Background: Insomnia often responds to the orexin receptor antagonist suvorexant. This study aimed to evaluate the efficacy and adverse events of suvorexant for Chinese patients with primary insomnia over 6 months. Methods: A total of 120 patients with primary insomnia were assigned randomly to two groups that received placebo or suvorexant (40 mg) for 6 months. The primary outcomes were the total sleep time (sTST), time to sleep onset (sTSO), and sleep quality (sQUAL). The secondary outcomes were the Insomnia Severity Index (ISI) score and adverse events. Results: A total of 111 patients completed the study and all of them were included in the final analysis.
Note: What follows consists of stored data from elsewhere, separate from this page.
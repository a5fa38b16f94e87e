ghost use Rattle.std.specs.Prelude.{◌≡◌, true, ◌≤◌, ◌∷◌, ◌++◌, IfOk, OnOk, ℕ, pos, take, length, slice_index_or, flat_map};
ghost use Rattle.std.specs.List.{AllByRecursion};
ghost use Rattle.br_model.specs.Answer.{AnswersAlways};
ghost use Rattle.br_model.specs.Attribute.{read_numbers, read_stat, stat_from, stat_numbers, write_stat};
ghost use Rattle.br_model.specs.Number as number;
ghost use Rattle.br_model.specs.Text.{words};
ghost use Rattle.br_attr.specs.Fault.{fault_number};

use crate::fault::AttrFault;
use crate::number64::{read_number, write_number};
use std::alloc::{AllocError, Global};
use std::marker::Model;

/// The number of numbers of a file.
const COUNT: usize = 14;

/// The number of numbers that a record must have.
const NEEDED: usize = 13;

/// The numbers of a file on the system that was backed up: the fields of `stat`, and for a hard
/// link the index of the file that it names.
#[derive(Clone, Copy, Debug, PartialEq)]
pub struct Stat {
    dev: i64,
    ino: i64,
    mode: i64,
    nlink: i64,
    uid: i64,
    gid: i64,
    rdev: i64,
    size: i64,
    blksize: i64,
    blocks: i64,
    atime: i64,
    mtime: i64,
    ctime: i64,
    link_index: i64,
}

impl Model for Stat {
    ghost use Rattle.br_model.specs.Attribute as model;

    ghost Value = { model.Stat };

    ghost view = { λ s. record {
      dev = s.dev;
      ino = s.ino;
      mode = s.mode;
      nlink = s.nlink;
      uid = s.uid;
      gid = s.gid;
      rdev = s.rdev;
      size = s.size;
      blksize = s.blksize;
      blocks = s.blocks;
      atime = s.atime;
      mtime = s.mtime;
      ctime = s.ctime;
      link_index = s.link_index;
    } };

    ghost inverse = { λ s. record {
      dev = s.dev;
      ino = s.ino;
      mode = s.mode;
      nlink = s.nlink;
      uid = s.uid;
      gid = s.gid;
      rdev = s.rdev;
      size = s.size;
      blksize = s.blksize;
      blocks = s.blocks;
      atime = s.atime;
      mtime = s.mtime;
      ctime = s.ctime;
      link_index = s.link_index;
    } };
}

/// Returns the first 14 numbers of a text, followed by zeros, and the number of numbers read.
fn numbers_in(text: &[u8]) -> Result<([i64; COUNT], usize), AttrFault>
    ensures read { AnswersAlways (λ found. take found.1 found.0) fault_number result (read_numbers (take 14 (words text.now))) }
    ensures within { IfOk result (λ found. found.1 ≤ length found.0) }
    ensures zeros { IfOk result (λ found. (k : ℕ) → found.1 ≤ k → slice_index_or found.0 k (pos 0) ≡ pos 0) }
{
    let mut numbers = [0_i64; COUNT];
    let mut count = 0;
    for word in text
        .split(|byte| *byte == b' ')
        .filter(|word| !word.is_empty())
        .take(COUNT)
    {
        numbers[count] = read_number(word)?;
        count += 1;
    }
    Ok((numbers, count))
}

/// Appends numbers with a space before each.
fn push_numbers(text: &mut Vec<u8>, numbers: &[i64]) -> Result<(), AllocError>
    ensures { OnOk result (text.new.items ≡ text.old.items ++ flat_map (λ n. 32 ∷ number.write_number n) numbers.now) }
{
    for number in numbers {
        text.push(b' ')?;
        write_number(*number, text)?;
    }
    Ok(())
}

impl Stat {
    /// Makes the value of numbers in their order.
    #[tactic(auto, unfolding(br_model::specs::Attribute::stat_from))]
    fn from_numbers(numbers: [i64; COUNT]) -> Stat
        ensures { result ≡ stat_from numbers }
    {
        let [
            dev,
            ino,
            mode,
            nlink,
            uid,
            gid,
            rdev,
            size,
            blksize,
            blocks,
            atime,
            mtime,
            ctime,
            link_index,
        ] = numbers;
        Stat {
            dev,
            ino,
            mode,
            nlink,
            uid,
            gid,
            rdev,
            size,
            blksize,
            blocks,
            atime,
            mtime,
            ctime,
            link_index,
        }
    }

    /// Reads base 64 numbers with one or more spaces between them, before them and after them.
    /// Their order is dev, ino, mode, nlink, uid, gid, rdev, size, blksize, blocks, atime, mtime,
    /// ctime, LinkFI, as in Bacula's Developer's Guide ("Storage Media Output Format"). A missing
    /// LinkFI is 0, and what follows the fourteenth number is not read.
    ///
    /// # Errors
    ///
    /// - `BadNumber` at the first word that is not a number.
    /// - `MissingField` if there are fewer than 13 numbers.
    #[tactic(auto, unfolding(br_model::specs::Attribute::read_stat))]
    pub fn read(text: &[u8]) -> Result<Stat, AttrFault>
        ensures { AnswersAlways (λ s. s) fault_number result (read_stat text.now) }
    {
        let (numbers, count) = numbers_in(text)?;
        if count < NEEDED {
            return Err(AttrFault::MissingField);
        }
        Ok(Stat::from_numbers(numbers))
    }

    /// Returns the numbers in their order.
    fn numbers(&self) -> [i64; COUNT]
        ensures { result ≡ stat_numbers self.now }
    {
        let Stat {
            dev,
            ino,
            mode,
            nlink,
            uid,
            gid,
            rdev,
            size,
            blksize,
            blocks,
            atime,
            mtime,
            ctime,
            link_index,
        } = *self;
        [
            dev, ino, mode, nlink, uid, gid, rdev, size, blksize, blocks, atime, mtime, ctime,
            link_index,
        ]
    }

    /// States that each number fits 64 bits, a fact that other contracts need. It does nothing.
    pub fn has_64_bits(&self)
        ensures { AllByRecursion (λ z. number.is_64_bits z ≡ true) (stat_numbers self.now) }
    {
        let _ = self.numbers();
    }

    /// Appends the numbers, as `write` returns them.
    pub(crate) fn push(&self, text: &mut Vec<u8>) -> Result<(), AllocError>
        ensures { OnOk result (text.new.items ≡ text.old.items ++ write_stat self.now) }
    {
        let numbers = self.numbers();
        write_number(numbers[0], text)?;
        push_numbers(text, &numbers[1..])
    }

    /// Returns the text of the numbers: all 14 in the order of `read`, each as short as possible,
    /// with one space between two.
    pub fn write(&self, alloc: Global) -> Result<Vec<u8>, AllocError>
        ensures { IfOk result (λ text. text.items ≡ write_stat self.now) }
    {
        let mut text = Vec::new(alloc);
        self.push(&mut text)?;
        Ok(text)
    }

    /// Returns the device of the file.
    pub fn dev(&self) -> i64
        ensures { result ≡ self.now.dev }
    {
        self.dev
    }

    /// Returns the number of the file's inode.
    pub fn ino(&self) -> i64
        ensures { result ≡ self.now.ino }
    {
        self.ino
    }

    /// Returns the type and the permissions, as `stat` does.
    pub fn mode(&self) -> i64
        ensures { result ≡ self.now.mode }
    {
        self.mode
    }

    /// Returns the number of names of the file.
    pub fn nlink(&self) -> i64
        ensures { result ≡ self.now.nlink }
    {
        self.nlink
    }

    /// Returns the number of the owner.
    pub fn uid(&self) -> i64
        ensures { result ≡ self.now.uid }
    {
        self.uid
    }

    /// Returns the number of the group.
    pub fn gid(&self) -> i64
        ensures { result ≡ self.now.gid }
    {
        self.gid
    }

    /// Returns the device of a device file.
    pub fn rdev(&self) -> i64
        ensures { result ≡ self.now.rdev }
    {
        self.rdev
    }

    /// Returns the size in bytes.
    pub fn size(&self) -> i64
        ensures { result ≡ self.now.size }
    {
        self.size
    }

    /// Returns the block size of the file system in bytes.
    pub fn blksize(&self) -> i64
        ensures { result ≡ self.now.blksize }
    {
        self.blksize
    }

    /// Returns the number of blocks of 512 bytes that the file took.
    pub fn blocks(&self) -> i64
        ensures { result ≡ self.now.blocks }
    {
        self.blocks
    }

    /// Returns the time of the last read, in seconds since 1970.
    pub fn atime(&self) -> i64
        ensures { result ≡ self.now.atime }
    {
        self.atime
    }

    /// Returns the time of the last write, in seconds since 1970.
    pub fn mtime(&self) -> i64
        ensures { result ≡ self.now.mtime }
    {
        self.mtime
    }

    /// Returns the time of the last change of the inode, in seconds since 1970.
    pub fn ctime(&self) -> i64
        ensures { result ≡ self.now.ctime }
    {
        self.ctime
    }

    /// Returns LinkFI: for a hard link the index of the file that it names, else 0.
    pub fn link_index(&self) -> i64
        ensures { result ≡ self.now.link_index }
    {
        self.link_index
    }
}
Suvorexant showed greater efficacy than the placebo in enhancing sTST, sTSO, sQUAL and ISI score at months 1 and 6. Serious adverse events were documented in 2 patients (3.3%) in the suvorexant group and 1 patients (1.7%) in the placebo group. The most common adverse event was somnolence, which occurred in 7 patients (11.7%) in the suvorexant group and 2 patients (3.3%) in the placebo group. No death related to suvorexant treatment was recorded. Conclusions: Suvorexant was efficacious and well-tolerated in a group of Chinese patients with primary insomnia over 6 months.